Mr. Heller looked at Taylor with his mouth open. Naomi could tell he was thinking about how to respond. Then he looked around the room and Naomi looked, too. All the students were on the edge of their seats and Naomi knew that they wanted to know the answer to Taylor’s question.
Mr. Heller closed the textbook and put it on his desk. He looked at the classroom door then at the students.
“Okay,” he said. “As your parents may have told you, Texas used to be part of a large country called the United States of America, and this country was made of fifty smaller territories called states.”
Mr. Heller looked at the door, then he continued. “Everything in the world ran on gasoline, as you may have heard. But one day the gasoline ran out. Things got pretty bad when the gas ran out. People had always acted like there would be plenty of gas so nobody was ready when it was finally gone.
“Without gas no one could drive their cars so it was hard for adults to get to work and it was hard for kids to get to school. Maybe some of you wouldn't mind missing school, but there were other problems. Factories couldn’t get the things they made, like clothes, to the stores because there wasn’t any gas for the trucks that carried these things. But even if the stores had things to sell, the people didn’t have any gas to put in their cars to go to the stores and buy things.
“It got really bad when everybody realized there wasn’t any gas to run farm equipment, no gas to get food to the food manufacturing plants, no gas to get food into the suburbs, the towns, and the cities spread all over America like a network of spider webs.
“People ran out of food, and when they got hungry they got mad, and when they got mad they starting fighting. Riots started in the cities and wars started between the states. The people who didn’t starve to death killed each other over the food they needed to feed their families. The United States fell apart and the people who survived lost contact with the rest of the world.”
Mr. Heller was going to say something else when the classroom door opened. Mrs. McLeroy, the principal, stepped into the room followed by large men in white uniforms that Naomi had never seen before. Some of the students gasped as Mr. Heller’s face turned white with fear.

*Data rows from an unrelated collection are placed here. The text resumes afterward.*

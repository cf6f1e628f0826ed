//! That what is played is a complete pebbling.

ghost use Rattle.pebble_replay.specs.Complete.{PlayedIsComplete};

/// A law: an order that holds each instance once, with every source before its reader and enough red pebbles for each
/// instance, is played by a complete pebbling.
pub fn what_is_played_is_complete()
    ensures { PlayedIsComplete }
{}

“Mr. Heller,” Mrs. McLeroy said. “Will you step outside for a moment?” Then to the class she said, “This won’t take long, children.”

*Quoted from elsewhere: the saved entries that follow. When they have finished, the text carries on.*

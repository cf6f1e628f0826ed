//! The wavefront terms whose words are counted among the stores.

ghost use Rattle.std.specs.Prelude.{◌≡◌};
ghost use Rattle.iolb_check.specs.Claims.{claim_of_term};
ghost use Rattle.store_bound.specs.Counted.{terms_named, word_statement};

use iolb_check::{Certificate, Term};

/// The terms of the branch of this number: none where there is no number, or no such branch.
pub(crate) fn named_terms(certificate: &Certificate, branch: Option<u8>) -> &[Term]
    ensures { result.now ≡ terms_named certificate.now branch }
{
    let Some(number) = branch else {
        return &[];
    };
    match certificate.branches().get(usize::from(number)) {
        Some(branch) => branch.terms.as_slice(),
        None => &[],
    }
}

/// The statement whose instances computed a term's words, where it is a wavefront term whose words were computed.
pub(crate) fn word_statement(term: &Term) -> Option<u16>
    ensures { result ≡ word_statement (claim_of_term term.now) }
{
    let Term::Wavefront(front) = term else {
        return None;
    };
    match &front.source {
        Some(spot) => Some(spot.statement),
        None => None,
    }
}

Mr. Heller went outside with Mrs. McLeroy and the uniformed men. The door closed and a murmur rose in the classroom as students whispered to each other.
It wasn’t long before the door opened and Mrs. McLeroy came back in.
“Okay, children,” she said, taking the history book from the desk. “We have standardized tests coming up so we better get cracking.”
Taylor raised her hand.
“Yes, what is it?” Mrs. McLeroy said.
“Where is Mr. Heller?” Taylor asked.
“Oh, don’t worry about him,” Mrs. McLeroy said. “He won’t be coming back.”
Naomi thought about this as she walked the FM road, passing the neighborhood and her school as she headed toward the heart of Endless Ranches.
By the time Naomi got to town she was thirsty and very hungry. She had, after all, neglected to eat her breakpaste before she left the house. It was getting toward lunchtime and the town was beginning to bustle with people headed to the Pastery, the place that sold everything, to do their weekly shopping. Naomi decided to stop at the Pastery, too, and pick up some paste.
She was walking through the Main Street crowd, feeling her stomach rumble, when she noticed an alleyway she’d never seen before between the dog groomer’s shop and the Paste of India restaurant. She stopped and looked. Though it was dark down the alley, Naomi thought she saw something move. She figured she probably should not stop in front of a dark alley, but as she went to step away, her gaze fell to the sidewalk. There, between her feet, was the lute the gypsy man had shown her in her dream, placed there in tile in the concrete.